Use the links below to read the data files using the Pandas library. 

* Chicago Census Data

https://cf-courses-data.s3.us.cloud-object-storage.appdomain.cloud/IBMDeveloperSkillsNetwork-DB0201EN-SkillsNetwork/labs/FinalModule_Coursera_V5/data/ChicagoCensusData.csv?utm_medium=Exinfluencer&utm_source=Exinfluencer&utm_content=000026UJ&utm_term=10006555&utm_id=NA-SkillsNetwork-Channel-SkillsNetworkCoursesIBMDeveloperSkillsNetworkDB0201ENSkillsNetwork20127838-2021-01-01

* Chicago Public Schools

https://cf-courses-data.s3.us.cloud-object-storage.appdomain.cloud/IBMDeveloperSkillsNetwork-DB0201EN-SkillsNetwork/labs/FinalModule_Coursera_V5/data/ChicagoPublicSchools.csv?utm_medium=Exinfluencer&utm_source=Exinfluencer&utm_content=000026UJ&utm_term=10006555&utm_id=NA-SkillsNetwork-Channel-SkillsNetworkCoursesIBMDeveloperSkillsNetworkDB0201ENSkillsNetwork20127838-2021-01-01

* Chicago Crime Data

https://cf-courses-data.s3.us.cloud-object-storage.appdomain.cloud/IBMDeveloperSkillsNetwork-DB0201EN-SkillsNetwork/labs/FinalModule_Coursera_V5/data/ChicagoCrimeData.csv?utm_medium=Exinfluencer&utm_source=Exinfluencer&utm_content=000026UJ&utm_term=10006555&utm_id=NA-SkillsNetwork-Channel-SkillsNetworkCoursesIBMDeveloperSkillsNetworkDB0201ENSkillsNetwork20127838-2021-01-01

**NOTE:** Ensure you use the datasets available on the links above instead of directly from the Chicago Data Portal. The versions linked here are subsets of the original datasets and have some of the column names modified to be more database friendly which will make it easier to complete this assignment.

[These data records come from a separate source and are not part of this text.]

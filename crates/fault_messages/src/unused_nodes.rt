//! Sinks and meters that had no format at the end, in words.
ghost use Rattle.std.specs.Prelude.{◌≡◌, ◌++◌, OnOk};
ghost use Rattle.fault_messages.specs.UnusedNodes.{unused_sink, unused_other, unused_said, unused_meter};
ghost use Rattle.fault_messages.specs.UnusedNodes.{unlinked, unlinked_part, sink_said, meter_said};

use crate::putting::{put_before, put_behind, put_quoted_pair, put_two_quoted};
use crate::script_lines::has_link_to;
use crate::sink_files::is_written;
use graph_script::Line;
use pw_lists::{Memory, Text};
use run_results::Store;

#[tactic(auto, unfolding(crate::specs::UnusedNodes::unused_sink))]
fn put_unused_sink(text: &mut Text, name: &[u8], file: &[u8]) -> Result<(), Memory>
    ensures { OnOk result (text.new ≡ text.old ++ unused_sink name.now file.now) }
{
    put_quoted_pair(
        text,
        name,
        b" had no format at the end, so it does not write ",
        file,
    )
}

#[tactic(auto, unfolding(crate::specs::UnusedNodes::unused_other))]
fn put_unused_other(text: &mut Text, name: &[u8], file: &[u8]) -> Result<(), Memory>
    ensures { OnOk result (text.new ≡ text.old ++ unused_other name.now file.now) }
{
    put_two_quoted(
        text,
        name,
        b" had no format at the end, so it does not write ",
        file,
        b", which another sink writes",
    )
}

// Of a sink without a format, whose file another may write.
fn put_unused_said(
    text: &mut Text,
    stores: &[Store],
    name: &[u8],
    file: &[u8],
) -> Result<(), Memory>
    ensures { OnOk result (text.new ≡ text.old ++ unused_said stores.now name.now file.now) }
{
    if is_written(stores, file) {
        put_unused_other(text, name, file)
    } else {
        put_unused_sink(text, name, file)
    }
}

#[tactic(auto, unfolding(crate::specs::UnusedNodes::unused_meter))]
fn put_unused_meter(text: &mut Text, name: &[u8]) -> Result<(), Memory>
    ensures { OnOk result (text.new ≡ text.old ++ unused_meter name.now) }
{
    put_behind(text, name, b" had no format at the end, so it has no peak")
}

#[tactic(auto, unfolding(crate::specs::UnusedNodes::unlinked))]
fn put_unlinked(text: &mut Text, name: &[u8]) -> Result<(), Memory>
    ensures { OnOk result (text.new ≡ text.old ++ unlinked name.now) }
{
    put_before(text, b"; no link line names ", name)
}

// Of a node without a format: that no line links anything to it, where none does.
fn put_unlinked_part(text: &mut Text, lines: &[Line], node: u32, name: &[u8]) -> Result<(), Memory>
    ensures { OnOk result (text.new ≡ text.old ++ unlinked_part lines.now node name.now) }
{
    if has_link_to(lines, node, 0) {
        Ok(())
    } else {
        put_unlinked(text, name)
    }
}

/// Of a sink without a format: the file that it does not write, and that no line links anything to
/// it, where none does.
pub fn put_sink_said(
    text: &mut Text,
    lines: &[Line],
    stores: &[Store],
    node: u32,
    name: &[u8],
    file: &[u8],
) -> Result<(), Memory>
    ensures { OnOk result (text.new ≡ text.old
        ++ sink_said lines.now stores.now node name.now file.now) }
{
    put_unused_said(text, stores, name, file)?;
    put_unlinked_part(text, lines, node, name)
}

/// The same of a meter, which has no peak.
pub fn put_meter_said(text: &mut Text, lines: &[Line], node: u32, name: &[u8]) -> Result<(), Memory>
    ensures { OnOk result (text.new ≡ text.old ++ meter_said lines.now node name.now) }
{
    put_unused_meter(text, name)?;
    put_unlinked_part(text, lines, node, name)
}
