//! What is wrong with a file, in words.
ghost use Rattle.std.specs.Prelude.{◌≡◌, ◌++◌, option_copied, OnOk};
ghost use Rattle.fault_messages.specs.FileMessages.{wav_said, absent_text, absent_said};
ghost use Rattle.fault_messages.specs.FileMessages.{read_said, write_said};
ghost use Rattle.system_files.specs.Reasons.{why_said};
ghost use Rattle.fault_messages.specs.FileMessages.{limit_said, is_of_file, limit_text};

use crate::lines::begins;
use crate::places::{file_word, has_quote, is_dash, put_file};
use crate::putting::put_both;
use pw_lists::{Memory, Text, Which};
use system_files::{FileWhy, why_words};
use wav_files::WavFault;

/// Why a WAV file is refused.
pub fn wav_said(why: WavFault) -> &'static [u8]
    ensures { result.now ≡ wav_said why }
{
    match why {
        WavFault::NotRiff => {
            b"this is no RIFF WAVE file; \
                of a sound file ffmpeg -i IN -c:a pcm_s16le OUT.wav makes one"
        }
        WavFault::NoFmt => b"there is no fmt chunk before the samples",
        WavFault::BadFmt => b"the fmt chunk is not sound",
        WavFault::NotPcm16 => {
            b"only PCM of 16 bits a sample is read; \
                sox IN -e signed -b 16 OUT.wav may make that of it"
        }
        WavFault::NoData => b"there is no data chunk",
        WavFault::Truncated => {
            b"a chunk passes the end of the file, as where it was cut or written \
                to a pipe; sox --ignore-length A B may mend it"
        }
        WavFault::Uneven => b"the samples are not whole frames",
        WavFault::ChannelsOrRate => {
            b"only 1 to 8 channels at 1 to 384000 frames a second are read"
        }
        WavFault::Memory => b"no memory was left",
    }
}

// That a file of a script is not there.
fn absent_text(file: &[u8]) -> &'static [u8]
    ensures { result.now ≡ absent_text file.now }
{
    if has_quote(file) {
        b"there is no such file; quotes are a part of the word"
    } else if is_dash(file) {
        b"there is no such file; standard input is /dev/stdin"
    } else if begins(file, b"/") {
        b"there is no such file"
    } else {
        b"there is no such file; file words are paths from the working directory"
    }
}

/// That a file is not there, which a line may name.
pub fn absent_said(line: Option<&[u8]>) -> &'static [u8]
    ensures { result.now ≡ absent_said (option_copied line.entry) }
{
    match line {
        None => b"there is no such file",
        Some(line) => absent_text(file_word(line)),
    }
}

// That something is not done, and why, where that is known.
fn put_why(text: &mut Text, what: &[u8], why: Option<FileWhy>) -> Result<(), Memory>
    ensures { OnOk result (text.new ≡ text.old ++ (what.now ++ why_said why)) }
{
    put_both(text, what, why_words(why))
}

/// That a file is not read, and why, where that is known.
pub fn put_read_said(text: &mut Text, why: Option<FileWhy>) -> Result<(), Memory>
    ensures { OnOk result (text.new ≡ text.old ++ read_said why) }
{
    put_why(text, b"the file cannot be read", why)
}

/// That a file is not written, and why, where that is known.
pub fn put_write_said(text: &mut Text, why: Option<FileWhy>) -> Result<(), Memory>
    ensures { OnOk result (text.new ≡ text.old ++ write_said why) }
{
    put_why(text, b"the file cannot be written", why)
}

/// What passes a limit.
pub fn limit_said(which: Which) -> &'static [u8]
    ensures { result.now ≡ limit_said which }
{
    match which {
        Which::ScriptBytes => b"more than 1048576 bytes",
        Which::WavBytes => b"more than 268435456 bytes",
        Which::AllWavBytes => b"more than 536870912 bytes of WAV files in all",
        Which::PodBytes => b"more bytes than a POD may have",
        Which::Nodes => b"more than 63 nodes",
        Which::Epochs => b"more than 1024 lines of cycles and drain",
        Which::Links => b"more than 256 links at a time",
        Which::Events => {
            b"more than 4194304 events; three are counted for each cycle, and two for each \
                active node in it, the driver among them"
        }
        Which::SinkSamples => {
            b"the sinks would keep more than 134217728 samples, \
                23 minutes of stereo at 48000 a second"
        }
        Which::BlockBytes => b"the buffers would have more than 268435456 bytes",
        Which::TraceBytes => b"more than 268435456 bytes",
    }
}

// Whether it is a limit of a file that a line names.
fn is_of_file(which: Which) -> bool
    ensures { result ≡ is_of_file which }
{
    matches!(
        which,
        Which::WavBytes | Which::AllWavBytes | Which::PodBytes
    )
}

/// What passes a limit, with the file that the line names where it is one of that.
pub fn put_limit(text: &mut Text, which: Which, line: Option<&[u8]>) -> Result<(), Memory>
    ensures { OnOk result (text.new ≡ text.old ++ limit_text which (option_copied line.entry)) }
{
    if is_of_file(which) {
        put_file(text, line)?;
    }
    text.extend(limit_said(which))
}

Execute the below code cell to avoid prettytable default error.


In [12]:
!pip install ipython-sql prettytable

import prettytable

prettytable.DEFAULT = 'DEFAULT'



### Store the datasets in database tables

To analyze the data using SQL, it first needs to be loaded into SQLite DB.
We will create three tables in as under:

1.  **CENSUS_DATA**
2.  **CHICAGO_PUBLIC_SCHOOLS**
3.  **CHICAGO_CRIME_DATA**


Load the `pandas` and `sqlite3` libraries and establish a connection to `FinalDB.db`


In [13]:
!pip install pandas
!pip install ipython-sql prettytable

import prettytable
prettytable.DEFAULT = 'DEFAULT'

import pandas as pd
import csv, sqlite3

con = sqlite3.connect("FinalDB.db")
cur = con.cursor()


!pip install ipython-sql
%load_ext sql

  %reload_ext sql



Load the SQL magic module


In [14]:
%sql sqlite:///FinalDB.db


Use `Pandas` to load the data available in the links above to dataframes. Use these dataframes to load data on to the database `FinalDB.db` as required tables.


In [15]:
import pandas as pd
df = pd.read_csv("ChicagoCrimeData.csv")
df.to_sql("ChicagoCrimeData", con, if_exists='replace', index=False, method="multi")

533

Establish a connection between SQL magic module and the database `FinalDB.db`


In [16]:
import pandas as pd
df = pd.read_csv("ChicagoPublicSchools.csv")
df.to_sql("ChicagoPublicSchools", con, if_exists='replace', index=False, method="multi")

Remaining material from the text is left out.